# Your task
Read the listing below and copy out every line that holds "ArchSplit".

Segment Start: Data for this exercise

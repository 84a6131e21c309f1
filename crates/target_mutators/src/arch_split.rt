ghost use Rattle.std.specs.Prelude.{◌≡◌, ◌++◌, [], Some, IfOk, OnOk, length, map};
ghost use Rattle.std.specs.List.{list_any};
ghost use Rattle.std.specs.Arc.{arc_value};
ghost use Rattle.bp_faults.specs.Answers.{Answers};
ghost use Rattle.graph_nodes.specs.declared.variation.Variation.TheVariants.{Common};
ghost use Rattle.graph_nodes.specs.declared.variations.Axis.TheVariants.{Target as TargetAxis};
ghost use Rattle.graph_nodes.specs.Nodes.{targets};
ghost use Rattle.module_rules.specs.Rules.{splits};
ghost use Rattle.module_rules.specs.Shaped.{splits_shaped};
ghost use Rattle.module_rules.specs.Variants.{if_enabled};
ghost use Rattle.mutator_rules.specs.Conditions.{MayVisit, indices_in};
ghost use Rattle.target_mutators.specs.Arch.{is_supported, default_multilib, multilib_of, is_of_class, is_narrow};
ghost use Rattle.target_mutators.specs.Arch.{is_taken, is_built, target_variant, target_variants, variants_for_targets};
ghost use Rattle.target_mutators.specs.Arch.{arch_variants};
ghost use Rattle.target_mutators.specs.Groups.{with_groups};
ghost use Rattle.target_mutators.specs.Targets.{row_of, groups_of};

use crate::groups::{append_groups, with_groups};
use crate::targets::{Bits, Class, bits_group, class_groups, row_of};
use bp_faults::{NodeId, OutOfMemory, Payload, Seq, Target};
use bp_props::{GroupId, Module, ModuleKind, Multi};
use module_graph::{Graph, Node, Variation};
use module_rules::{Record, Seen, add_if_enabled, is_true_or};
use mutator_rules::{Axis, BottomUp, Config, Split};
use pass_core::VisitError;
use std::alloc::Global;
use std::marker::Model;
use std::sync::Arc;

fn is_supported(class: Class, own: &Record<'_>) -> bool
    ensures { result ≡ is_supported class own.now }
{
    match class {
        Class::Device => is_true_or(true, &own.given().device_supported),
        Class::Host => is_true_or(false, &own.given().host_supported),
    }
}

fn default_multilib(kind: ModuleKind) -> Multi
    ensures { result ≡ default_multilib kind }
{
    match kind {
        ModuleKind::Binary | ModuleKind::Test => Multi::First,
        _ => Multi::Both,
    }
}

fn multilib_of(kind: ModuleKind, own: &Record<'_>) -> Multi
    ensures { result ≡ multilib_of kind own.now }
{
    match own.given().compile_multilib {
        Some(given) => given.value,
        None => default_multilib(kind),
    }
}

pub fn is_of_class(class: Class, target: Target) -> bool
    ensures { result ≡ is_of_class class target }
{
    matches!(
        (class, row_of(target).class),
        (Class::Device, Class::Device) | (Class::Host, Class::Host)
    )
}

fn has_class(targets: &[Target], class: Class) -> bool
    ensures { result ≡ list_any (is_of_class class) targets.now }
{
    for target in targets {
        if is_of_class(class, *target) {
            return true;
        }
    }
    false
}

fn is_narrow(bits: Bits) -> bool
    ensures { result ≡ is_narrow bits }
{
    matches!(bits, Bits::Bits32)
}

fn is_taken(multi: Multi, before: &[Target], target: Target) -> bool
    ensures { result ≡ is_taken multi before.now target }
{
    let row = row_of(target);
    match multi {
        Multi::Both => true,
        Multi::First => !has_class(before, row.class),
        Multi::Only32 => is_narrow(row.bits),
        Multi::Only64 => !is_narrow(row.bits),
    }
}

fn is_built(kind: ModuleKind, own: &Record<'_>, before: &[Target], target: Target) -> bool
    ensures { result ≡ is_built kind own.now before.now target }
{
    is_supported(row_of(target).class, own) && is_taken(multilib_of(kind, own), before, target)
}

/// A record with the groups of a target appended.
fn for_target<'m>(
    alloc: Global,
    target: Target,
    own: &Record<'m>,
) -> Result<Record<'m>, OutOfMemory>
    ensures { IfOk result (λ made. made ≡ with_groups own.now (groups_of target)) }
{
    let row = row_of(target);
    let made = with_groups(alloc, own, &[row.arch, bits_group(row.bits)])?;
    let made = append_groups(alloc, made, own, class_groups(row.class))?;
    append_groups(alloc, made, own, &[GroupId::Named(target)])
}

fn add_target<'m>(
    alloc: Global,
    variants: &mut Seq<(Variation, Record<'m>)>,
    kind: ModuleKind,
    own: &Record<'m>,
    before: &[Target],
    target: Target,
) -> Result<(), OutOfMemory>
    ensures { OnOk result (variants.new ≡ variants.old ++ target_variant kind own.now before.now target) }
{
    if is_built(kind, own, before, target) {
        let made = for_target(alloc, target, own)?;
        add_if_enabled(variants, Variation::Target(target), made)?;
    }
    Ok(())
}

fn target_variants<'m>(
    alloc: Global,
    kind: ModuleKind,
    own: &Record<'m>,
    targets: &[Target],
) -> Result<Seq<(Variation, Record<'m>)>, OutOfMemory>
    ensures { IfOk result (λ variants. variants ≡ target_variants kind own.now [] targets.now) }
{
    let mut variants = Seq::new(Vec::with_capacity(alloc, targets.len())?);
    for (index, target) in targets.iter().enumerate() {
        add_target(alloc, &mut variants, kind, own, &targets[..index], *target)?;
    }
    Ok(variants)
}

fn common_variant<'m>(
    alloc: Global,
    own: &Record<'m>,
) -> Result<Seq<(Variation, Record<'m>)>, OutOfMemory>
    ensures { IfOk result (λ variants. variants ≡ if_enabled Common own.now) }
{
    let mut variants = Seq::new(Vec::with_capacity(alloc, 1)?);
    add_if_enabled(&mut variants, Variation::Common, own.copy(alloc)?)?;
    Ok(variants)
}

fn arch_variants<'m>(
    alloc: Global,
    config: &Config,
    item: &Module,
    node: &Node<Record<'m>>,
) -> Result<Seq<(Variation, Record<'m>)>, OutOfMemory>
    ensures { IfOk result (λ variants. variants ≡ arch_variants config.now item.now node.now) }
{
    let own = &node.payload;
    match item.kind {
        ModuleKind::Defaults => Ok(Seq::new(Vec::new(alloc))),
        ModuleKind::Filegroup => common_variant(alloc, own),
        kind => target_variants(alloc, kind, own, config.targets.as_slice()),
    }
}

/// The rule `arch`: a module is split by the targets of a configuration. Contracts see it as the list of all modules
/// and the configuration.
#[derive(Drop)]
pub struct ArchSplit<'a> {
    mods: &'a [Module],
    config: &'a Config,
}

impl<'a> Model for ArchSplit<'a> {
    ghost use Rattle.std.specs.Prelude.{List};
    ghost use Rattle.bp_props.specs.declared.module.Module.{Module};
    ghost use Rattle.mutator_rules.specs.declared.config.Config.{Config};

    ghost Value = { List Module × Config };

    ghost view = { λ rule. (rule.mods.now, rule.config.now) };
}

impl<'a> ArchSplit<'a> {
    /// It takes no memory.
    pub fn new(mods: &'a [Module], c: &'a Config) -> ArchSplit<'a>
        ensures { result ≡ (mods.now, c.now) }
    {
        ArchSplit { mods, config: c }
    }
}

impl<'a, 'm> BottomUp<Record<'m>> for ArchSplit<'a> {
    ghost splits_along = { λ rule. Some TargetAxis };

    ghost meaning = { λ rule. splits (arch_variants rule.1) rule.0 };

    ghost accepts = { λ rule. indices_in (length rule.0) };

    fn axis(&self) -> Option<Axis>
        ensures { result ≡ Some TargetAxis }
    {
        Some(Axis::Target)
    }

    fn visit(
        &self,
        alloc: Global,
        g: &Graph<Record<'m>>,
        n: NodeId,
        _ins: &[Arc<Split<Record<'m>>>],
    ) -> Result<Split<Record<'m>>, VisitError>
        requires may { MayVisit (indices_in (length self.now.0)) g.now.nodes n.0 }
        requires each { length _ins.now ≡ length (targets g.now.nodes n.0) }
        ensures { Answers (λ out. out) result
            (splits (arch_variants self.now.1) self.now.0 g.now.nodes n.0 (map arc_value _ins.now)) }
    {
        let at = Seen::at(self.mods, g, n);
        Ok(Split {
            variants: arch_variants(alloc, self.config, at.module, at.node)?,
            requests: Seq::new(Vec::new(alloc)),
        })
    }

    ghost shaped = { λ rule. splits_shaped TargetAxis (arch_variants rule.1) rule.0 };
}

Segment End: Data for this exercise

# Finished task
pub struct ArchSplit<'a> {
impl<'a> Model for ArchSplit<'a> {
impl<'a> ArchSplit<'a> {
    pub fn new(mods: &'a [Module], c: &'a Config) -> ArchSplit<'a>
        ArchSplit { mods, config: c }
impl<'a, 'm> BottomUp<Record<'m>> for ArchSplit<'a> {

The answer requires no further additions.